____ Available data
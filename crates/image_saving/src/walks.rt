// What functions do with registers.
ghost use Rattle.std.specs.Prelude.{◌≡◌, ◌+◌, ◌^◌, ◌<◌, ◌++◌, [], map, length, IfOk, OnOk, slice_index_or};
ghost use Rattle.low_ir.specs.Formed.{callee};
ghost use Rattle.low_ir.specs.View.{instr_of, block_of, function_of};
ghost use Rattle.low_ir.specs.Programs.{low_of};
ghost use Rattle.low_ir.specs.Placings.{placings_of, assignment_of, placed_of};
ghost use Rattle.image_frames.specs.Needs.{outlines_of};
ghost use Rattle.image_saving.specs.Tables.{places_marked};
ghost use Rattle.image_saving.specs.Walks.{parameters_from, mask_at, result_marked, passed_marked, code_marked, blocks_marked, site_at, code_calls, blocks_call, homes_marked, outline_in, outlines_from, spots_in, HaveSpots};

use super::sites::Site;
use super::tables::{Table, mark, mark_all, mark_kept};
use low_ir::{Block, Function, Instr, LowReg, Place};
use low_parts::accesses::written;
use std::alloc::Global;
use std::marker::Model;
use wcc_base::{Items, Memory};

/// The place of a register of function `number`.
fn place_of(code: &LowReg, number: usize, register: u32) -> Place
    ensures { result ≡ (assignment_of code.now).place number register }
{
    match code.placings.get(number) {
        Some(placing) => match placing.places.get(register as usize) {
            Some(place) => *place,
            None => Place::Slot(register),
        },
        None => Place::Slot(register),
    }
}

/// The registers that the call at a place of the code of function `number` keeps, as bits.
fn kept_at(code: &LowReg, number: usize, at: usize) -> u32
    ensures { result ≡ mask_at (placings_of code.now) number at }
{
    match code.placings.get(number) {
        Some(placing) => match placing.kept.get(at) {
            Some(kept) => *kept,
            None => 0,
        },
        None => 0,
    }
}

fn places_of(
    alloc: Global,
    code: &LowReg,
    number: usize,
    registers: &[u32],
) -> Result<Vec<Place>, Memory>
    ensures { IfOk result (λ places. places.items ≡ map ((assignment_of code.now).place number) registers.now) }
{
    let mut places = Vec::new(alloc);
    for register in registers {
        places.push(place_of(code, number, *register))?;
    }
    Ok(places)
}

/// The places of each function's parameters.
fn parameters(alloc: Global, code: &LowReg) -> Result<Vec<Items<Place>>, Memory>
    ensures { IfOk result (λ all. all.items ≡ parameters_from (assignment_of code.now) 0 (map function_of code.now.low.functions.items)) }
{
    let mut all = Vec::new(alloc);
    for (number, function) in code.low.functions.iter().enumerate() {
        let places = places_of(alloc, code, number, &function.parameters)?;
        all.push(Items::new(places))?;
    }
    Ok(all)
}

/// The places of the parameters of a function; none, where there is no such function.
fn parameters_at(parameters: &[Items<Place>], function: usize) -> &[Place]
    ensures { result.now ≡ slice_index_or parameters.now function [] }
{
    match parameters.get(function) {
        Some(places) => places.as_slice(),
        None => &[],
    }
}

/// The function that an instruction calls.
fn callee(instr: &Instr) -> Option<u32>
    ensures { result ≡ callee (instr_of instr.now) }
{
    match instr {
        Instr::Set { .. } => None,
        Instr::Operate { .. } => None,
        Instr::Point { .. } => None,
        Instr::Load { .. } => None,
        Instr::Store { .. } => None,
        Instr::Put { .. } => None,
        Instr::Get { .. } => None,
        Instr::Call { function, .. } => Some(*function),
    }
}

fn mark_result(table: &mut [bool], code: &LowReg, number: usize, register: Option<u32>)
    ensures { table.new ≡ result_marked (placings_of code.now) number table.old register }
{
    match register {
        Some(register) => mark(table, place_of(code, number, register)),
        None => {}
    }
}

fn mark_passed(table: &mut [bool], parameters: &[Items<Place>], function: Option<u32>)
    ensures { table.new ≡ passed_marked parameters.now table.old function }
{
    match function {
        Some(function) => mark_all(table, parameters_at(parameters, function as usize)),
        None => {}
    }
}

fn mark_code(
    table: &mut [bool],
    code: &LowReg,
    number: usize,
    parameters: &[Items<Place>],
    instrs: &[Instr],
)
    ensures { table.new ≡ code_marked (placings_of code.now) number parameters.now table.old (map instr_of instrs.now) }
{
    for instr in instrs {
        mark_result(table, code, number, written(instr));
        mark_passed(table, parameters, callee(instr));
    }
}

fn mark_blocks(
    table: &mut [bool],
    code: &LowReg,
    number: usize,
    parameters: &[Items<Place>],
    blocks: &[Block],
)
    ensures { table.new ≡ blocks_marked (placings_of code.now) number parameters.now table.old (map block_of blocks.now) }
{
    for block in blocks {
        mark_code(table, code, number, parameters, &block.code);
    }
}

fn put_site(
    sites: &mut Vec<Site>,
    code: &LowReg,
    number: usize,
    at: usize,
    function: Option<u32>,
) -> Result<(), Memory>
    ensures { OnOk result (sites.new.items ≡ sites.old.items ++ site_at (placings_of code.now) number at function) }
{
    match function {
        Some(function) => sites.push(Site::new(function, kept_at(code, number, at)))?,
        None => {}
    }
    Ok(())
}

fn put_sites(
    sites: &mut Vec<Site>,
    code: &LowReg,
    number: usize,
    at: usize,
    instrs: &[Instr],
) -> Result<(), Memory>
    requires { at + length instrs.now < 2 ^ 64 }
    ensures { OnOk result (sites.new.items ≡ sites.old.items ++ code_calls (placings_of code.now) number at (map instr_of instrs.now)) }
{
    let mut place = at;
    for instr in instrs {
        put_site(sites, code, number, place, callee(instr))?;
        place += 1;
    }
    Ok(())
}

fn put_calls(
    sites: &mut Vec<Site>,
    code: &LowReg,
    number: usize,
    blocks: &[Block],
) -> Result<(), Memory>
    requires { spots_in (map block_of blocks.now) < 2 ^ 64 }
    ensures { OnOk result (sites.new.items ≡ sites.old.items ++ blocks_call (placings_of code.now) number 0 (map block_of blocks.now)) }
{
    let mut at = 0;
    for block in blocks {
        put_sites(sites, code, number, at, &block.code)?;
        at += block.code.len() + 1;
    }
    Ok(())
}

/// What a function does with registers: by register, whether it writes it, gets an argument in it, or has a
/// word for it in its frame; and its calls.
#[derive(Drop)]
pub struct Outline {
    pub written: Table,
    pub passed: Table,
    pub housed: Table,
    pub sites: Items<Site>,
}

impl Model for Outline {
    ghost use Rattle.image_frames.specs.Needs.{Outline as Outlined};

    ghost Value = { Outlined };

    ghost view = { λ o. record { written = o.written; passed = o.passed; housed = o.housed; sites = o.sites } };
}

fn mark_registers(table: &mut [bool], code: &LowReg, number: usize, registers: &[u32])
    ensures { table.new ≡ places_marked table.old (map ((assignment_of code.now).place number) registers.now) }
{
    for register in registers {
        mark(table, place_of(code, number, *register));
    }
}

fn mark_homes(table: &mut [bool], parameters: &[Items<Place>], sites: &[Site])
    ensures { table.new ≡ homes_marked parameters.now table.old sites.now }
{
    for site in sites {
        mark_kept(table, site, parameters_at(parameters, site.callee()));
    }
}

fn describe(
    alloc: Global,
    code: &LowReg,
    number: usize,
    parameters: &[Items<Place>],
    function: &Function,
) -> Result<Outline, Memory>
    requires { spots_in (function_of function.now).blocks < 2 ^ 64 }
    ensures { IfOk result (λ o. o ≡ outline_in (placings_of code.now) number parameters.now (function_of function.now)) }
{
    let mut sites = Vec::new(alloc);
    put_calls(&mut sites, code, number, &function.blocks)?;
    let mut written = [false; 24];
    mark_blocks(&mut written, code, number, parameters, &function.blocks);
    let mut passed = [false; 24];
    mark_registers(&mut passed, code, number, &function.parameters);
    let mut housed = passed;
    mark_homes(&mut housed, parameters, &sites);
    Ok(Outline {
        written,
        passed,
        housed,
        sites: Items::new(sites),
    })
}

/// What each function does with registers.
fn described(
    alloc: Global,
    code: &LowReg,
    parameters: &[Items<Place>],
) -> Result<Vec<Outline>, Memory>
    requires { HaveSpots (map function_of code.now.low.functions.items) }
    ensures { IfOk result (λ os. os.items ≡ outlines_from (placings_of code.now) parameters.now 0 (map function_of code.now.low.functions.items)) }
{
    let mut outlines = Vec::new(alloc);
    for (number, function) in code.low.functions.iter().enumerate() {
        outlines.push(describe(alloc, code, number, parameters, function)?)?;
    }
    Ok(outlines)
}

/// What each function does with registers.
#[tactic(auto, using(crate::proofs::WalkLemmas::outlines_found))]
pub fn outlines(alloc: Global, code: &LowReg) -> Result<Vec<Outline>, Memory>
    requires { HaveSpots (low_of code.now.low).functions }
    ensures { IfOk result (λ os. os.items ≡ outlines_of (placed_of code.now)) }
{
    let parameters = parameters(alloc, code)?;
    described(alloc, code, &parameters)
}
________
Exercise objective:
Return each line from the material that includes the string "push".

Result of the exercise:
        places.push(place_of(code, number, *register))?;
        all.push(Items::new(places))?;
        Some(function) => sites.push(Site::new(function, kept_at(code, number, at)))?,
        outlines.push(describe(alloc, code, number, parameters, function)?)?;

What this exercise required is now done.